Yöneticiler hakkında, diğer Avrupa ülkelerinden radyoaktif atıkları da ithal ettikleri, Güney İtalya’da depoladıkları ve bunlardan kurtulmak için mafyaya sattıkları ve mafyanın da bunları İtalya dışında bertaraf ettiği iddia edilir. Ayrıca bu atıkların İslami teröristlerin eline geçme olasılığı olduğu öne sürülür.

Konuyla ilgili olarak parlamento araştırma komisyonu kurulur. Kirli ilişkiler yumağı ortalığa saçılır.

Ülkenin ileri gelen mafya lideri ve Gladyoyla ilintisi daha önceden açığa çıkartılmış olan Francesco Fonti komisyona verdiği ifadede şunları itiraf eder: “ENEA müdürü Tommaso Candelieri ile atom santralı atıklarının bertaraf edilmesi konusunda pazarlık yaptım. Bu iş için bana bizzat 400 bin Avro peşin ödeme yaptı. İsviçre, İspanya, Almanya ve Fransa’nın nükleer atıklarını Somali açıklarında bir gemiyi batırarak sulara gömdük.”

İtalyan Parlamentosu Araştırma Komisyonu Başkanı Massimo Scalia konuyla ilgili olarak İnter Press Ajansı’na verdiği demeçte şöyle der: “İtalya atom atıklarının ticaretinden yılda 7 milyar dolar kazanmaktadır. Ton başına 250 dolar alınırken, Afrika ülkelerine tonu 2.5 dolardan ihraç edilmektedir. Sadece 2001 yılında 600 bin ton nükleer atık Afrika’da batırılmıştır. Sadece Somali değil, Zaire, Malawi, Eritre, Cezayir, Mozambik de bu ülkeler arasındadır.”

26 Aralık 2004’teki Tsunami felaketini inceleyen Birleşmiş Milletler Çevre Programı’nın (UNEP) raporu, 21-25 Temmuz 2005 yılında Nairobi’de yapılan, yüzü aşkın ülke çevre bakanının katıldığı 23. oturumunda açıklanır.

Rapor dehşet vericidir: “Tsunami sonucunda Somali’nin kıyıları harap olmakla kalmamış, özellikle nükleer atıklar kıyılara saçılmıştır. Tsunamiden etkilenen bölgelerdeki birçok insan alışagelmedik sağlık sorunlarıyla karşı karşıya kalmıştır.

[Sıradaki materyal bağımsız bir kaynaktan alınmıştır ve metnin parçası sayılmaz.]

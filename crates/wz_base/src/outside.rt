//! What a run asks of the outside. A real file or stream tells no bytes, so each meaning that names bytes is
//! an `Option`: `Some` where the bytes are told. Counts are numbers of failed calls, and never fall.
ghost use Rattle.std.specs.Prelude.{◌≡◌, ℕ, List, Option, None, IfOk, OnErr, IsErr, IsErrOf};
ghost use Rattle.wz_base.specs.Outside.{Picks, Reads, RisesOnly, Writes};

/// A call to the outside failed, and its count of faults rose.
#[derive(Clone, Copy, Debug, PartialEq, Eq)]
pub struct Failed;

/// Why a file was not picked.
#[derive(Clone, Copy, Debug, PartialEq, Eq)]
pub enum PickFault {
    /// There is no file of that name, and the count of misses rose.
    NoFile,
    /// The file could not be opened for another cause, and the count of faults rose.
    ReadFault,
}

/// Bytes that are read in order, from the file that was picked last.
pub trait Source {
    /// The bytes still to read, where they are told. With no file picked there are none.
    ghost left: { Self → Option (List ℕ) };

    /// How many calls failed.
    ghost faults: { Self → ℕ };

    /// How many files were asked for and not there.
    ghost misses: { Self → ℕ } = { λ _. 0 };

    /// The bytes that each name holds, or none, where files are told. It never changes.
    ghost held: { Self → Option (List ℕ → Option (List ℕ)) } = { λ _. None };

    /// Moves the first bytes that are left to the start of `buf`, and answers how many: 0 only where `buf` is
    /// empty or nothing is left. The rest of `buf` may hold anything.
    ///
    /// # Errors
    /// `Failed` only where the count of faults rose. What is left is then as before.
    fn read(&mut self, buf: &mut [u8]) -> Result<usize, Failed>
        ensures bytes { IfOk result (λ count. Reads count (left self.old) buf.new (left self.new)) }
        ensures err { OnErr result (left self.new ≡ left self.old) }
        ensures faults { RisesOnly (IsErr result) (faults self.old) (faults self.new) }
        ensures misses { misses self.new ≡ misses self.old }
        ensures held { held self.new ≡ held self.old };
}

/// Files by their names.
pub trait Files: Source {
    /// Makes the named file the current one, which is then read from its first byte.
    ///
    /// # Errors
    /// `NoFile` only where the count of misses rose and, where files are told, the name holds none. `ReadFault`
    /// only where the count of faults rose. The current file is then as before.
    fn pick(&mut self, name: &str) -> Result<(), PickFault>
        ensures picks { Picks (Self.held self.old) name.now result (Self.left self.new) }
        ensures err { OnErr result (Self.left self.new ≡ Self.left self.old) }
        ensures misses { RisesOnly (IsErrOf result PickFault.NoFile) (Self.misses self.old) (Self.misses self.new) }
        ensures faults { RisesOnly (IsErrOf result PickFault.ReadFault) (Self.faults self.old) (Self.faults self.new) }
        ensures held { Self.held self.new ≡ Self.held self.old };
}

/// Bytes that are written in order.
pub trait Sink {
    /// The bytes that were written, where they are told.
    ghost written: { Self → Option (List ℕ) };

    /// How many calls failed.
    ghost faults: { Self → ℕ };

    /// Takes the first bytes of `piece`, in order, and answers how many: at least one of a piece that is not empty.
    ///
    /// # Errors
    /// `Failed` only where the count of faults rose. No byte of `piece` is then written.
    fn write(&mut self, piece: &[u8]) -> Result<usize, Failed>
        ensures bytes { IfOk result (λ count. Writes count (written self.old) piece.now (written self.new)) }
        ensures err { OnErr result (written self.new ≡ written self.old) }
        ensures faults { RisesOnly (IsErr result) (faults self.old) (faults self.new) };
}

Solunum yolu hastalıkları, mide kanamaları, deri dökülmeleri ve hastalıkları ve ani ölümler ortaya çıkmıştır.”

Komisyonun açıkladığı raporun 134. sayfası, gelişmiş ülkelerin Afrika’yı nasıl çöplükleri olarak kullandıklarının da belgesidir aynı zamanda: “Somali, birçok azgelişmiş ülkelerden biri olup, 80’li yılların başından beri sayısız atom santralları artıkları ve diğer zararlı atıklarla dolu gemiler boşaltma yapmış ve batırılmıştır. Bu atık maddeler arasında uranyum, cadmium, kurşun, işlenmiş gümüş bulunmaktadır.”

Somali konusunda yaşananlar, sayfamızın sınırları içinde böyle...

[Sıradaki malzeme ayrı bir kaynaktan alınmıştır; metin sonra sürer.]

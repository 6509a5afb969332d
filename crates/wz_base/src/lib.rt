//! The outside of the board runner: files that are read, a sink that is written, lines that wait for it, and both in memory.
#![tactic(auto)]

pub mod calls;
pub mod lines;
pub mod memory_files;
pub mod memory_sink;
pub mod outside;
pub mod reading;
pub mod writing;

pub use lines::{LineBuffer, PIECE_ROOM};
pub use memory_files::MemFiles;
pub use memory_sink::MemSink;
pub use outside::{Failed, Files, PickFault, Sink, Source};
pub use reading::{ReadError, read_whole};
pub use writing::{WriteError, write_all};
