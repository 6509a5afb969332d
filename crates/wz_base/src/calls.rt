//! The calls of the fakes in memory, some of which fail.
ghost use Rattle.std.specs.Prelude.{◌↔◌, ◌⊎◌, IsTrue};

/// Which calls fail, how many were made, and how many failed.
#[derive(Debug, Drop)]
pub struct Calls {
    /// The numbers of the calls that fail, from 1.
    failing: Vec<u64>,
    /// How many calls were made.
    made: u64,
    /// How many of them failed.
    faults: u64,
}

impl Calls {
    ghost use Rattle.wz_base.specs.Calls.{IsFresh, IsListed, OneMore};
    ghost use Rattle.wz_base.specs.Outside.{RisesOnly};

    /// No call was made yet. Those with a number in `failing`, from 1, will fail.
    pub fn new(failing: Vec<u64>) -> Calls
        ensures { IsFresh result failing.items }
    {
        Calls {
            failing,
            made: 0,
            faults: 0,
        }
    }

    /// Makes the next call, and answers whether it fails: it is `refused`, or its number is listed. The count of
    /// faults rises exactly then.
    pub fn next_fails(&mut self, refused: bool) -> bool
        ensures fails { IsTrue result ↔ (IsListed self.old ⊎ IsTrue refused) }
        ensures faults { RisesOnly (IsTrue result) self.old.faults self.new.faults }
        ensures calls { OneMore self.old self.new }
    {
        self.made = self.made.saturating_add(1);
        let fails = refused || self.failing.contains(&self.made);
        if fails {
            self.faults = self.faults.saturating_add(1);
        }
        fails
    }
}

Benzer durumu bizler de yaşamadık mı?

Büro arkadaşım Ozan Yayman’ın yazdığı Aliağa’da asbestli, Hollanda bayraklı Otapan gemisini ve dönemin yetkililerinin açıklamalarını hatırlıyorum. Karadeniz sahillerine vuran “kimliği belirsiz” varilleri, Gebze ve İstanbul’da toprağa gömülen zehirli varilleri de... “Biz bin ton biliyorduk, meğerse 40 bin ton asbest yüklüymüş” diyen çevre bakanını da...

Somali Nereee, Türkiye Nereee?..

Kaderimiz mi olmalı emperyalizmin politikalarına boyun eğmek?